The unidentified plaintiff, now 48, accuses the Rev. James E. Poole and the late Rev. John Duffy of molesting her when she was 7 or 8 and a student at St. Mary of the Valley School in Beaverton.
Duffy died in 1992. Poole is in an assisted living center in Spokane, Wash.
The lawsuit alleges the Jesuits became aware in about 1960 of Poole “behaving in a sexually inappropriate manner” with minor girls at a boarding school in Alaska and transferred him to Portland in 1964 with no apparent restrictions on contact with minors or females and without telling parents or parishioners of his past.
It said Poole was transferred to Portland despite the religious order having “clear knowledge” that he had a “deviant sexual interest in young girls.”
Portland attorney Kelly Clark, who filed the lawsuit in Multnomah County Circuit Court, said Poole was the subject of a similar lawsuit filed by Elsie Boudreau, of Alaska, that was settled in 2005 for the disclosed sum of $1 million.
Duffy also worked at St. Luke’s church in Woodburn from 1968 to 1970 and at Mount Angel Abby.

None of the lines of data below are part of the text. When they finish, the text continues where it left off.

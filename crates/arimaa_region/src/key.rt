//! What a stack needs of its values.
ghost use Rattle.std.specs.Prelude.{◌≡◌, ℕ, Bool};
ghost use Rattle.std.specs.Bool.{Decides};
ghost use Rattle.std.specs.Hash.FoldHasher.{folded_multiply};
ghost use Rattle.arimaa_region.specs.Hash.{side_number, five_hash, position_hash, words_hash};
ghost use Rattle.arimaa_region.specs.Same.{same_position, same_position-Decides, same_words, same_words-Decides};

use arimaa_board::{Color, Position};

/// A value that is found among others by its hash.
pub(crate) trait Key: Copy {
    ghost same: { Self → Self → Bool };

    ghost hash_of: { Self → ℕ };

    /// Whether two values are the same.
    fn is_same(&self, other: &Self) -> bool
        ensures { result ≡ same self.now other.now };

    /// The hash of a value.
    fn hash_number(&self) -> u64
        ensures { result ≡ hash_of self.now };

    ghost decides: { (x y : Self) → Decides (same x y) (x ≡ y) };
}

fn side_number(side: Color) -> u8
    ensures { result ≡ side_number side }
{
    match side {
        Color::Gold => 0,
        Color::Silver => 1,
    }
}

// The two halves of the 128 bits of a product, joined by xor.
#[tactic(auto, unfolding(std::specs::Hash::FoldHasher::folded_multiply))]
fn folded_multiply(a: u64, b: u64) -> u64
    ensures { result ≡ folded_multiply a b }
{
    let product = a as u128 * b as u128;
    (product & 0xffff_ffff_ffff_ffff) as u64 ^ (product >> 64) as u64
}

// The hash of five numbers. The first two products don't wait for each other.
#[tactic(auto, unfolding(crate::specs::Hash::five_hash))]
fn five_hash(a: u64, b: u64, c: u64, d: u64, e: u64) -> u64
    ensures { result ≡ five_hash a b c d e }
{
    let left = folded_multiply(a ^ 0xa076_1d64_78bd_642f, b ^ 0xe703_7ed1_a0b4_28db);
    let right = folded_multiply(c ^ 0x8ebc_6af0_9c88_c6e3, d ^ 0x5899_65cc_7537_4cc3);
    folded_multiply(left ^ e, right ^ 0xeb44_acca_b455_d165)
}

#[tactic(auto, unfolding(crate::specs::Hash::position_hash))]
fn position_hash(position: &Position) -> u64
    ensures { result ≡ position_hash position.now }
{
    let planes = position.board.planes();
    let side = side_number(position.side) as u64;
    five_hash(planes[0], planes[1], planes[2], planes[3], side)
}

#[tactic(auto, unfolding(crate::specs::Hash::words_hash))]
fn words_hash(words: &[u64; 5]) -> u64
    ensures { result ≡ words_hash words.now }
{
    five_hash(words[0], words[1], words[2], words[3], words[4])
}

// Positions are told apart by the planes of their boards and the side to move.
impl Key for Position {
    ghost same = { same_position };

    ghost hash_of = { position_hash };

    fn is_same(&self, other: &Self) -> bool {
        self.board == other.board && self.side == other.side
    }

    fn hash_number(&self) -> u64 {
        position_hash(self)
    }

    ghost decides = { same_position-Decides };
}

impl Key for [u64; 5] {
    ghost same = { same_words };

    ghost hash_of = { words_hash };

    fn is_same(&self, other: &Self) -> bool {
        self == other
    }

    fn hash_number(&self) -> u64 {
        words_hash(self)
    }

    ghost decides = { same_words-Decides };
}
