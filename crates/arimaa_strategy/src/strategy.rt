//! Strategies.
ghost use Rattle.std.specs.Prelude.{◌≡◌, ◌<◌, None, Some, [], ◌∷◌, ◌++◌, length, is_some, take, IfSome, OnOk, OnErr, if◌then◌else◌};
ghost use Rattle.std.specs.HashMap.{get};
ghost use Rattle.std.specs.Option.{option_map, option_or};
ghost use Rattle.arimaa_model.specs.Strategies.{find_entry};
ghost use Rattle.arimaa_history.specs.declared.key.Key.{Key as KeyValue};
ghost use Rattle.arimaa_strategy.specs.Entries.{HaveSteps, plan_of, place_of};
ghost use Rattle.arimaa_history.specs.Counts.{same_key};

use arimaa_board::Position;
use arimaa_forced::Entry;
use arimaa_history::Key;
use std::alloc::{AllocError, Global};
use std::collections::HashMap;
use std::marker::Model;

/// The entries of a strategy in order, each with a turn of at least one step.
///
/// A contract sees it as the list of them. An index finds the first entry of a position, in a time
/// that does not grow with the number of entries.
#[derive(Drop)]
pub struct Strategy {
    entries: Vec<Entry>,
    // the number of the first entry of each position
    places: HashMap<Key, usize>,
}

impl Model for Strategy {
    ghost use Rattle.std.specs.Prelude.{List};
    ghost use Rattle.arimaa_forced.specs.declared.entry.Entry.{Entry};
    ghost use Rattle.arimaa_strategy.specs.Places.{AreKept};

    ghost Value = { List Entry };

    ghost view = { λ s. s.entries.items };

    ghost invariant = { λ s. AreKept s.entries.items s.places };
}

// Files a number under a key, unless the key has one.
fn file(places: &mut HashMap<Key, usize>, key: Key, number: usize) -> Result<(), AllocError>
    ensures filed { OnOk result ((k : KeyValue) → get same_key places.new k
        ≡ option_or (get same_key places.old k) (if same_key key k then Some number else None)) }
    ensures unchanged { OnErr result ((k : KeyValue) → get same_key places.new k
        ≡ get same_key places.old k) }
{
    if places.contains_key(&key) {
        return Ok(());
    }
    places.insert(key, number)?;
    Ok(())
}

impl Strategy {
    /// The strategy with no entry.
    pub fn new(alloc: Global) -> Strategy
        ensures { result ≡ [] }
    {
        Strategy {
            entries: Vec::new(alloc),
            places: HashMap::new(alloc),
        }
    }

    /// Adds an entry at the end. It fails for want of memory only, and then the strategy is as
    /// before.
    pub fn push(&mut self, entry: Entry) -> Result<(), AllocError>
        requires { 0 < length entry.turn }
        ensures pushed { OnOk result (self.new ≡ self.old ++ entry ∷ []) }
        ensures unchanged { OnErr result (self.new ≡ self.old) }
    {
        // what may fail comes first, and changes nothing where it does
        self.entries.reserve(1)?;
        file(
            &mut self.places,
            Key::of(&entry.position),
            self.entries.len(),
        )?;
        self.entries.push(entry).unwrap();
        Ok(())
    }

    /// The entries.
    pub fn entries(&self) -> &[Entry]
        ensures value { result.now ≡ self.now }
        ensures steps { HaveSteps self.now }
    {
        let _ = &self.places;
        self.entries.as_slice()
    }

    /// The number of the first entry of a position, counted from 0; none exactly where it has none.
    pub fn first_entry(&self, p: &Position) -> Option<usize>
        ensures place { result ≡ place_of self.now p.now }
        ensures within { IfSome result (λ k. k < length self.now) }
    {
        let _ = &self.entries;
        self.places.get(&Key::of(p)).copied()
    }

    /// The rank of the first entry of a position.
    pub fn rank_of(&self, p: &Position) -> Option<u8>
        ensures { result ≡ option_map (λ e. e.rank) (find_entry (plan_of self.now) p.now) }
    {
        match self.first_entry(p) {
            None => None,
            Some(place) => Some(self.entries()[place].rank),
        }
    }

    /// Whether one of the first `count` entries is that of a position.
    pub fn stands_before(&self, count: usize, p: &Position) -> bool
        ensures { result ≡ is_some (find_entry (plan_of (take count self.now)) p.now) }
    {
        match self.first_entry(p) {
            None => false,
            Some(place) => place < count,
        }
    }
}
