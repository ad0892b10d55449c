//! What the checker answers.
use arimaa_board::Position;

/// Why an entry of a strategy is faulty, or the root. The first reason in this order is told.
#[derive(Clone, Copy, Debug, PartialEq, Eq)]
pub enum Why {
    /// An earlier entry has its position.
    Twice,
    /// Its position is decided by the rules.
    Decided,
    /// Its turn or a removal mark is wrong on its position, or the turn leads to a barred position.
    Turn,
    /// The turn leads to a position that is decided for the defender.
    Lost,
    /// The turn leads to an undecided position with a reply that is decided for the defender, or is
    /// undecided and has no entry.
    Reply,
    /// Its rank is not one more than that of the position that the turn leads to.
    Rank,
    /// The root is decided for the defender, or is undecided and has no entry, or has a reply as
    /// under `Reply`.
    Root,
    /// The rank of the root is above the number of turns that is asked about.
    Deep,
}

/// What the checker finds of a strategy.
#[derive(Clone, Copy, Debug, PartialEq, Eq)]
pub enum Checked {
    /// Every entry and the root are good, and this is the rank of the root.
    Accepted { rank: u8 },
    /// This entry, counted from 1, is the first faulty one, or the root, as entry 0, where every
    /// entry is good; and this is its first fault.
    Refused { entry: u64, why: Why },
    /// The replies to this position are more than the region has room for, and everything before it
    /// is good.
    Crowded { position: Position },
}
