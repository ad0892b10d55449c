//! What keeps a strategy from being read.
ghost use Rattle.std.specs.Prelude.{◌≡◌};
ghost use Rattle.arimaa_strategy.specs.declared.fault.StrategyFault.TheVariants.{Memory};

use std::alloc::AllocError;
use thiserror::Error;

/// Why the text of a strategy is refused.
#[derive(Debug, Drop, Error)]
pub enum StrategyFault {
    /// This line, counted from 1 over all lines, is the first that is no entry and not blank.
    #[error("line {line} is no entry of a strategy")]
    Text { line: u64 },
    /// Out of memory.
    #[error("out of memory")]
    Memory,
}

impl From<AllocError> for StrategyFault {
    ghost from_gives = { λ _ fault. fault ≡ Memory };

    fn from(_error: AllocError) -> StrategyFault {
        StrategyFault::Memory
    }
}
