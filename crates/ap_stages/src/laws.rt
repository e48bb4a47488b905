//! Laws of the definitions. They do nothing: their contracts are what they say.
ghost use Rattle.ap_stages.specs.Around.{NodesAreDriven, PlacedAreJoined, StagesAreReady, StagesLeaveNames, StagesLeaveNodes, StagesLeaveWires, UnusedAreInNone, UnusedAreUnnamed};
ghost use Rattle.ap_stages.specs.Onward.{OthersStand, SharedGoOn};
ghost use Rattle.ap_stages.specs.Own.{OwnNetsAreReadable};

/// What stands for the nodes of further stages stands on while the ports of a stage are served, where these drive no wire of theirs and no
/// instance that is placed has the name of one of their units. So do the registers and the input ports.
pub fn stages_go_on()
    ensures others { OthersStand }
    ensures shared { SharedGoOn }
{}

/// Once all stages are made: what came, what was driven and all nets of their instructions are ready where the nets on which the stages
/// stand are, and what is given for nodes. A wire that is there for no node is late still, a name that no stage's unit has is new still,
/// and what stands for a node that no stage has stands still. The wires of a node of some stage are driven. Each instance that was placed
/// connects one of the modules.
pub fn stages_are_made()
    ensures ready { StagesAreReady }
    ensures wires { StagesLeaveWires }
    ensures names { StagesLeaveNames }
    ensures nodes { StagesLeaveNodes }
    ensures driven { NodesAreDriven }
    ensures joined { PlacedAreJoined }
{}

/// What is asked of the nets of all stages holds where they are registers of the stages and what control decodes.
pub fn own_nets_are_readable()
    ensures { OwnNetsAreReadable }
{}

/// A node that no line uses is in none of the orders of a design's paths. No unit that is in one has the name of a unit that is in none.
pub fn unused_nodes_are_nowhere()
    ensures orders { UnusedAreInNone }
    ensures names { UnusedAreUnnamed }
{}
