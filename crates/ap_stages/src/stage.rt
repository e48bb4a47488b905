//! The data of a stage: its instructions begin, and then its ports are served.
ghost use Rattle.std.specs.Prelude.{◌≡◌, codes, IfOk};
ghost use Rattle.std.specs.List.{AllByRecursion as Each};
ghost use Rattle.ap_desc.specs.Chains.{IsChainOrder};
ghost use Rattle.ap_net.specs.Draft.{CanFresh};
ghost use Rattle.ap_pipe.specs.Slots.{AreHomes};
ghost use Rattle.ap_stage.specs.Trees.{IsShallow};
ghost use Rattle.ap_stages.specs.Begun.{AreShared, AreStageNets, base_numbers};
ghost use Rattle.ap_stages.specs.Staged.{AreChoicesOf, IsStaged};
ghost use Rattle.ap_stages.specs.Stood.{AreApartSupplies, AreStanding};

use crate::begin::{SharedNets, StageNets, begin_stage};
use crate::nodes::{Supplied, stage_nodes};
use ap_bits::NoMemory;
use ap_desc::design::{Design, Node as DesignNode};
use ap_merge::Choice;
use ap_net::builder::Builder;
use ap_net::module::Module;
use ap_pipe::StageSlots;
use ap_stage::chain::{Node, serve_stage};
use ap_stage::node::Course;
use ap_stage::source::Ground;

/// A stage whose ports serve its instructions.
#[derive(Drop)]
pub struct ServedStage {
    pub ground: Ground,
    /// The instructions of the design, in their order, each with a net for each local that its lines make in the stage.
    pub courses: Vec<Course>,
    pub nodes: Vec<Node>,
}

/// Makes the data of a stage: `table` has its slots and the homes of its live locals, `choices` are those of the design's paths, `order` is
/// a chain order of the stage's nodes, and `supplies` has with what each of these is served.
pub fn make_stage(
    out: &mut Builder,
    design: &Design,
    number: u32,
    table: &StageSlots,
    choices: &[Choice],
    order: &[DesignNode],
    supplies: &[Supplied],
    modules: &[Module],
    shared: &SharedNets,
    own: &StageNets,
) -> Result<ServedStage, NoMemory>
    requires top { out.old.name ≡ codes "top" }
    requires fresh { CanFresh out.old }
    requires homes { AreHomes design.now number table.now.widths table.now.homes }
    requires choices { AreChoicesOf design.now choices.now }
    requires order { IsChainOrder design.now number order.now }
    requires stand { AreStanding design.now out.old modules.now supplies.now order.now }
    requires apart { AreApartSupplies supplies.now }
    requires shared { AreShared design.now out.old.nets shared.now }
    requires own { AreStageNets design.now out.old.nets table.now own.now }
    requires low { Each (IsShallow out.old 0) (base_numbers shared.now own.now) }
    ensures { IfOk result (λ s. IsStaged design.now number table.now choices.now supplies.now order.now
        modules.now shared.now own.now out.old out.new s.ground s.courses.items s.nodes.items) }
{
    let nodes = stage_nodes(out.allocator(), design, choices, supplies, order)?;
    let begun = begin_stage(out, design, number, table, shared, own)?;
    let ground = begun.ground;
    let mut courses = begun.courses;
    serve_stage(out, &ground, &mut courses, &nodes, modules)?;
    Ok(ServedStage {
        ground,
        courses,
        nodes,
    })
}
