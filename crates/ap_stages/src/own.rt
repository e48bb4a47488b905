//! The nets of each stage, from the registers of the stages and what control decodes.
ghost use Rattle.std.specs.Prelude.{◌≡◌, IfOk, length};
ghost use Rattle.ap_stages.specs.Own.{AreNetsOf, nets_of};

use crate::begin::StageNets;
use ap_bits::{Items, NoMemory};
use ap_flight::stage::StageRegisters;
use ap_net::cell::Wire;
use std::alloc::Global;

/// The nets of a stage, from its registers and the conditions of its instructions.
fn stage_nets(
    alloc: Global,
    registers: &StageRegisters,
    conditions: &[Wire],
) -> Result<StageNets, NoMemory>
    ensures { IfOk result (λ own. own ≡ nets_of registers.now conditions.now) }
{
    let conds = Items::copy_of(alloc, conditions)?;
    let slots = Items::copy_of(alloc, registers.slots.as_slice())?;
    Ok(StageNets {
        word: registers.word,
        place: registers.place,
        conds,
        slots,
    })
}

/// The nets of all stages from 1 on, from the registers of each and, for each, the conditions of its instructions.
pub fn nets_of_stages(
    alloc: Global,
    registers: &[StageRegisters],
    decoded: &[Items<Wire>],
) -> Result<Vec<StageNets>, NoMemory>
    requires { length decoded.now ≡ length registers.now }
    ensures { IfOk result (λ owns. AreNetsOf registers.now decoded.now owns.items) }
{
    let mut owns = Vec::new(alloc);
    for place in 0..registers.len() {
        let own = stage_nets(alloc, &registers[place], decoded[place].as_slice())?;
        owns.push(own)?;
    }
    Ok(owns)
}
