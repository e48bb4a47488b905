//! The instructions of a stage at their beginning, over the nets of the stage.
ghost use Rattle.std.specs.Prelude.{◌≡◌, IfOk};
ghost use Rattle.std.specs.List.{AllByRecursion as Each};
ghost use Rattle.ap_course.specs.Laws.{FitsSome};
ghost use Rattle.ap_net.specs.Draft.{CanFresh};
ghost use Rattle.ap_pipe.specs.Slots.{AreHomes};
ghost use Rattle.ap_stage.specs.Trees.{IsShallow};
ghost use Rattle.ap_stages.specs.Begun.{AreShared, AreStageNets, IsBegun, IsGroundFor, base_numbers};

use crate::link::stage_link;
use ap_bits::{Items, NoMemory};
use ap_course::start_courses;
use ap_desc::design::Design;
use ap_net::builder::Builder;
use ap_net::cell::Wire;
use ap_pipe::StageSlots;
use ap_stage::node::Course;
use ap_stage::source::Ground;
use std::alloc::Global;

/// The nets that all stages read.
#[derive(Drop)]
pub struct SharedNets {
    /// The registers of the design, by their numbers.
    pub regs: Items<Wire>,
    /// The input ports, by their numbers.
    pub inputs: Items<Wire>,
}

/// The nets of a stage on which its data stand.
#[derive(Drop)]
pub struct StageNets {
    /// The register of the stage's word.
    pub word: Wire,
    /// The register of the word's address.
    pub place: Wire,
    /// For each instruction of the design whether the word matches it.
    pub conds: Items<Wire>,
    /// The registers of the stage's slots.
    pub slots: Items<Wire>,
}

/// The instructions of a stage, and the nets on which their lines stand.
#[derive(Drop)]
pub struct Begun {
    pub ground: Ground,
    pub courses: Vec<Course>,
}

/// The nets on which the lines of a stage stand.
fn ground_for(
    alloc: Global,
    shared: &SharedNets,
    own: &StageNets,
    link: Wire,
) -> Result<Ground, NoMemory>
    ensures ground { IfOk result (IsGroundFor shared.now own.now) }
    ensures link { IfOk result (λ ground. ground.link ≡ link) }
{
    let regs = Items::copy_of(alloc, shared.regs.as_slice())?;
    let inputs = Items::copy_of(alloc, shared.inputs.as_slice())?;
    Ok(Ground {
        word: own.word,
        place: own.place,
        link,
        regs,
        inputs,
    })
}

/// Begins a stage: the address after the slots is made where a line of the stage names it, and for each instruction of the design the locals
/// get nets that come from slots by wiring. `table` has the stage's slots and the homes of its live locals.
pub fn begin_stage(
    out: &mut Builder,
    design: &Design,
    stage: u32,
    table: &StageSlots,
    shared: &SharedNets,
    own: &StageNets,
) -> Result<Begun, NoMemory>
    requires fresh { CanFresh out.old }
    requires fits { FitsSome design.now }
    requires homes { AreHomes design.now stage table.now.widths table.now.homes }
    requires shared { AreShared design.now out.old.nets shared.now }
    requires own { AreStageNets design.now out.old.nets table.now own.now }
    requires low { Each (IsShallow out.old 0) (base_numbers shared.now own.now) }
    ensures { IfOk result (λ begun. IsBegun design.now stage table.now shared.now own.now
        out.old out.new begun.ground begun.courses.items) }
{
    let link = stage_link(out, design, stage, own.place)?;
    let ground = ground_for(out.allocator(), shared, own, link)?;
    let conds = own.conds.as_slice();
    let slots = own.slots.as_slice();
    let courses = start_courses(out, design, stage, &ground, conds, table, slots)?;
    Ok(Begun { ground, courses })
}
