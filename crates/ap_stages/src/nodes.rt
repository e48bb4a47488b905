//! The ports that a stage serves, from the nodes that its lines use: each is found among what was placed for the design.
ghost use Rattle.std.specs.Prelude.{◌≡◌, ◌<◌, Any, IfOk, Some, find, length, option_copied, slice_get};
ghost use Rattle.std.specs.List.{AllByRecursion as Each};
ghost use Rattle.ap_course.specs.Choices.{port_of_node};
ghost use Rattle.ap_merge.specs.Choices.{HasOperand};
ghost use Rattle.ap_desc.specs.declared.design.Unit.{Unit as Resource};
ghost use Rattle.ap_net.specs.Names.{IsNetName};
ghost use Rattle.ap_path.specs.Uses.{path_port};
ghost use Rattle.ap_ports.specs.Numbers.{IsNumberedNode, number_of_node};
ghost use Rattle.ap_signals.specs.NetRuns.{unit_part};
ghost use Rattle.ap_stages.specs.Supplies.{AreNodesFor, CanMake, IsNodeBy, IsNodeFor, IsSelectionOf, Suits, is_first_of, is_its_port, quick_of, supply_of};

use crate::copy::copied;
use ap_bits::{Items, NoMemory};
use ap_desc::design::{Design, Node as DesignNode, Unit};
use ap_merge::{Choice, Select};
use ap_net::cell::Wire;
use ap_path::PathPort;
use ap_stage::chain::Node;
use ap_stage::serve::{QuickUnit, ReadPort, SlowUnit};
use std::alloc::Global;

/// With what a node is served.
#[derive(Clone, Copy, Debug, PartialEq, Eq)]
pub enum Supply {
    /// A unit that takes one cycle and is to be placed: the place of its module among those of the netlist, and how many bits the number of
    /// an operation has.
    Quick {
        place: u32,
        select_width: u32,
    },
    /// A unit of several cycles that stands already: the wires that reach it, which are driven later, and its result.
    Slow {
        sel: Wire,
        a: Wire,
        b: Wire,
        y: Wire,
    },
    /// A read port of a file or a memory that stands already: the wire of the index, which is driven later, and what is read.
    Read {
        index: Wire,
        value: Wire,
    },
}

/// With what the node of a number is served.
#[derive(Clone, Copy, Debug, PartialEq, Eq)]
pub struct Supplied {
    /// The number of the node.
    pub number: u32,
    pub supply: Supply,
}

/// The number of a node.
fn number_of(node: DesignNode) -> u32
    requires { IsNumberedNode node }
    ensures { result ≡ number_of_node node }
{
    match node {
        DesignNode::Unit(unit) => unit,
        DesignNode::FileRead { file, port } => 32 + 4 * file + port,
        DesignNode::MemRead(mem) => 64 + mem,
    }
}

/// With what the node of a number is served, if it is with anything.
fn supply_of(supplies: &[Supplied], number: u32) -> Option<Supply>
    ensures { result ≡ supply_of supplies.now number }
{
    let found = supplies.iter().find(|one| one.number == number).copied();
    match found {
        Some(one) => Some(one.supply),
        None => None,
    }
}

/// Whether the port is that of the node.
fn is_its_port(node: DesignNode, port: PathPort) -> bool
    ensures { result ≡ is_its_port node port }
{
    match (node, port) {
        (DesignNode::Unit(unit), PathPort::Unit(other)) => other == unit,
        (
            DesignNode::FileRead { file, port },
            PathPort::FileRead {
                file: other,
                port: number,
            },
        ) => other == file && number == port,
        (DesignNode::MemRead(mem), PathPort::MemRead(other)) => other == mem,
        _ => false,
    }
}

/// Whether the choice is for the first operand of the node.
fn is_first_of(node: DesignNode, choice: &Choice) -> bool
    ensures { result ≡ is_first_of node choice.now }
{
    choice.operand == 0 && is_its_port(node, choice.port)
}

/// The first choice for the first operand of the node, if there is one.
fn first_choice<'a>(choices: &'a [Choice], node: DesignNode) -> Option<&'a Choice>
    ensures { option_copied result ≡ find (is_first_of node) choices.now }
{
    choices.iter().find(|choice| is_first_of(node, choice))
}

/// The selection for the first operand of the node.
fn selection(alloc: Global, choices: &[Choice], node: DesignNode) -> Result<Select, NoMemory>
    requires { Any (HasOperand (path_port (port_of_node node)) 0) choices.now }
    ensures { IfOk result (IsSelectionOf choices.now node) }
{
    let Some(choice) = first_choice(choices, node) else {
        unreachable!();
    };
    let select = copied(alloc, &choice.select)?;
    Ok(select)
}

/// The unit at a place.
fn unit_at(design: &Design, unit: u32) -> &Unit
    requires { unit < length design.now.units }
    ensures { slice_get design.now.units unit ≡ Some result.now }
{
    let units = design.units.as_slice();
    &units[unit as usize]
}

/// The name of a unit's instance: `u_NAME`.
fn instance_name(alloc: Global, unit: &Unit) -> Result<Items<u8>, NoMemory>
    ensures is { IfOk result (λ name. name ≡ unit_part unit.now) }
    ensures is_name { IfOk result (λ name. IsNetName (unit_part unit.now)) }
{
    let name = format!(in alloc; "u_{}", unit.name.as_str())?;
    let name = Items::copy_of(alloc, name.as_bytes())?;
    Ok(name)
}

/// A unit of the design that takes one cycle, as a stage places it.
fn quick_unit(
    alloc: Global,
    design: &Design,
    unit: u32,
    select: Select,
    place: u32,
    select_width: u32,
) -> Result<QuickUnit, NoMemory>
    requires { unit < length design.now.units }
    ensures { IfOk result (λ q. (u : Resource) × (slice_get design.now.units unit ≡ Some u)
        × IsNetName (unit_part u) × (q ≡ quick_of u unit select place select_width)) }
{
    let of = unit_at(design, unit);
    let name = instance_name(alloc, of)?;
    Ok(QuickUnit {
        port: unit,
        select,
        name,
        module: place,
        select_width,
        width: of.width,
    })
}

/// The port of a stage that is a node of the design, with its selection and this to serve it with.
fn node_by(
    alloc: Global,
    design: &Design,
    node: DesignNode,
    select: Select,
    supply: Supply,
) -> Result<Node, NoMemory>
    requires numbered { IsNumberedNode node }
    requires suits { Suits design.now node supply }
    ensures { IfOk result (IsNodeBy design.now select node supply) }
{
    let port = number_of(node);
    match supply {
        Supply::Quick {
            place,
            select_width,
        } => {
            let unit = quick_unit(alloc, design, port, select, place, select_width)?;
            Ok(Node::Quick(unit))
        }
        Supply::Slow { sel, a, b, y } => Ok(Node::Slow(SlowUnit {
            port,
            select,
            sel,
            a,
            b,
            y,
        })),
        Supply::Read { index, value } => Ok(Node::Read(ReadPort {
            port,
            select,
            index,
            value,
        })),
    }
}

/// The port of a stage that is a node of the design.
fn node_for(
    alloc: Global,
    design: &Design,
    choices: &[Choice],
    supplies: &[Supplied],
    node: DesignNode,
) -> Result<Node, NoMemory>
    requires { CanMake design.now choices.now supplies.now node }
    ensures { IfOk result (IsNodeFor design.now choices.now supplies.now node) }
{
    let Some(supply) = supply_of(supplies, number_of(node)) else {
        unreachable!();
    };
    let select = selection(alloc, choices, node)?;
    let made = node_by(alloc, design, node, select, supply)?;
    Ok(made)
}

/// The ports of a stage, in the order of the nodes that its lines use: `order` is a chain order of the stage, `choices` are those of the
/// design's paths.
pub fn stage_nodes(
    alloc: Global,
    design: &Design,
    choices: &[Choice],
    supplies: &[Supplied],
    order: &[DesignNode],
) -> Result<Vec<Node>, NoMemory>
    requires { Each (CanMake design.now choices.now supplies.now) order.now }
    ensures { IfOk result (λ nodes.
        AreNodesFor design.now choices.now supplies.now order.now nodes.items) }
{
    let mut nodes = Vec::new(alloc);
    for node in order {
        let made = node_for(alloc, design, choices, supplies, *node)?;
        nodes.push(made)?;
    }
    Ok(nodes)
}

In response to the new lawsuit, the Very Rev. John D. Whitney, the Provincial for the Oregon Province, said: “We take all claims of this nature very seriously and we will investigate them to the fullest extent.”
“It is important to know that those who have come forward in these matters are not our enemies or our opponents; but our sisters for whom we desire healing and compassion,” he said in a statement.
The Oregon-based province covers Oregon, Washington, Idaho, Montana and Alaska. It is separate from the Portland Archdiocese and reports to superiors in Rome outside the Vatican.
Clark said the lawsuit is not subject to the bankruptcy protection of the case involving priests filed against the Archdiocese of Portland and that his client makes no claim against the archdiocese, only the Jesuits.
In 2004 the Archdiocese of Portland became the first in the nation to file for bankruptcy protection against abuse lawsuits. It recently proposed a $75 million plan to settle more than 160 remaining claims against it.